The film unfolds chronologically like a drama; there is very little distancing, contextualisation or editorializing apart from the beat of his poetry, which can be ruminative but is more often mocking and urgent. Is there something in the dynamics or genetics of this Jewish American family that encourages criminality? (Trules himself was charged with commercial burglary during his stint at a Hollywood movie studio). Unlike, say, the philosophical writings of Jean Genet, Trules does not propose a wider political reading of the functions of crime and creativity in society. He is more personal than political. The parallels between himself and his uncle {both were social outcasts, both had to deal with cancer) are left for us to explicate, either as a cautionary tale or as a telling indicator of the intersections between societal expectations and the more mysterious, perhaps even unfathomable, thing called personal will.

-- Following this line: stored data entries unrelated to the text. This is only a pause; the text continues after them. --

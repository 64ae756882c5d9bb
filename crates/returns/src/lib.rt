// What frames owe their callers: the statements are in specs/, and the crate `theorems` has each on a contract.
#![tactic(auto)]
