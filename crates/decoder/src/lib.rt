// Words of AArch64 read as instructions.
#![tactic(auto)]

ghost use Rattle.a64.specs.Words.{Reads};
ghost use Rattle.a64.specs.declared.inst.Inst.{Inst as Instruction};
ghost use Rattle.decoder.specs.Reading.{reading};
ghost use Rattle.std.specs.Prelude.{◌≡◌};

mod bits;
pub mod clash;
mod read;

use a64::inst::Inst;

// The reading of a word: the only one.
pub fn decode(w: u32) -> Inst
    ensures reading { result ≡ reading w }
    ensures reads { Reads w result }
    ensures only { (i : Instruction) → Reads w i → i ≡ result }
{
    read::by_head(w)
}
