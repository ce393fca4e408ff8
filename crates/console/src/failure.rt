//! Why a line has no answer.
ghost use Rattle.std.specs.Prelude.{◌≡◌, Some};
ghost use Rattle.console.specs.Answers.{failure_line};
ghost use Rattle.console.specs.Failures.{failure_for};
ghost use Rattle.console.specs.declared.expected.Expected.TheVariants.{Memory};
ghost use Rattle.console.specs.declared.failure.Failure.TheVariants as failure;

use crate::expected::Expected;
use query::error::ReadError;
use refusal::rejection::Rejection;
use std::alloc::AllocError;
use std::fmt;
use std::fmt::{Formatter, Write};

/// Why a line has no answer. It shows as its line, without the line's end.
#[derive(Clone, Copy)]
pub enum Failure {
    /// The bytes are no query, or the buffer is too short.
    Refused(Rejection),
    /// The command cannot be carried out.
    Expected(Expected),
}

impl From<Rejection> for Failure {
    ghost from_gives = { λ e y. y ≡ failure.Refused e };

    fn from(rejection: Rejection) -> Failure {
        Failure::Refused(rejection)
    }
}

impl From<Expected> for Failure {
    ghost from_gives = { λ e y. y ≡ failure.Expected e };

    fn from(expected: Expected) -> Failure {
        Failure::Expected(expected)
    }
}

impl From<AllocError> for Failure {
    ghost from_gives = { λ _ y. y ≡ failure.Expected Memory };

    fn from(_error: AllocError) -> Failure {
        Failure::Expected(Expected::Memory)
    }
}

impl From<ReadError> for Failure {
    ghost from_gives = { λ e y. y ≡ failure_for e };

    fn from(error: ReadError) -> Failure {
        match error {
            ReadError::Refused(rejection) => rejection.into(),
            ReadError::Memory => Expected::Memory.into(),
        }
    }
}

impl fmt::Display for Failure {
    ghost output = { λ e. Some (failure_line e) };

    fn fmt<W: Write>(&self, f: &mut Formatter<W>) -> fmt::Result {
        match self {
            Failure::Refused(rejection) => write!(f, "refused {rejection}"),
            Failure::Expected(expected) => write!(f, "error: expected {expected}"),
        }
    }
}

“The Poet and the Con” is shot in a mixture of black-and-white 16mm film and colour video. Trules edited it down from about 30 hours to its present lean duration of 80 minutes. Although there are interviews with family members and extracts from his performances, the movie in bulk is a persona! journey. The last segment, which imagines Rosenberg’s cross-country run from the law, even looks like a road movie, yet another seemingly quintessential American genre. The beautiful wide-open skies of the American highways are contrasted with an equally pitiless look at the judgemental powers of family and other institutions of control.
Some parts of the film, even to Trules, are too painful to watch. But just as its making afforded the opportunity for a form of personal redemption, watching it also opens up all sorts of vistas for us. He does not know if he will make another film. The long production period has left a toll. He is older and seemingly calmer than the person we saw on the screen. But the film that we saw will continue to have an impact on us, like a bruise that does not quite heal.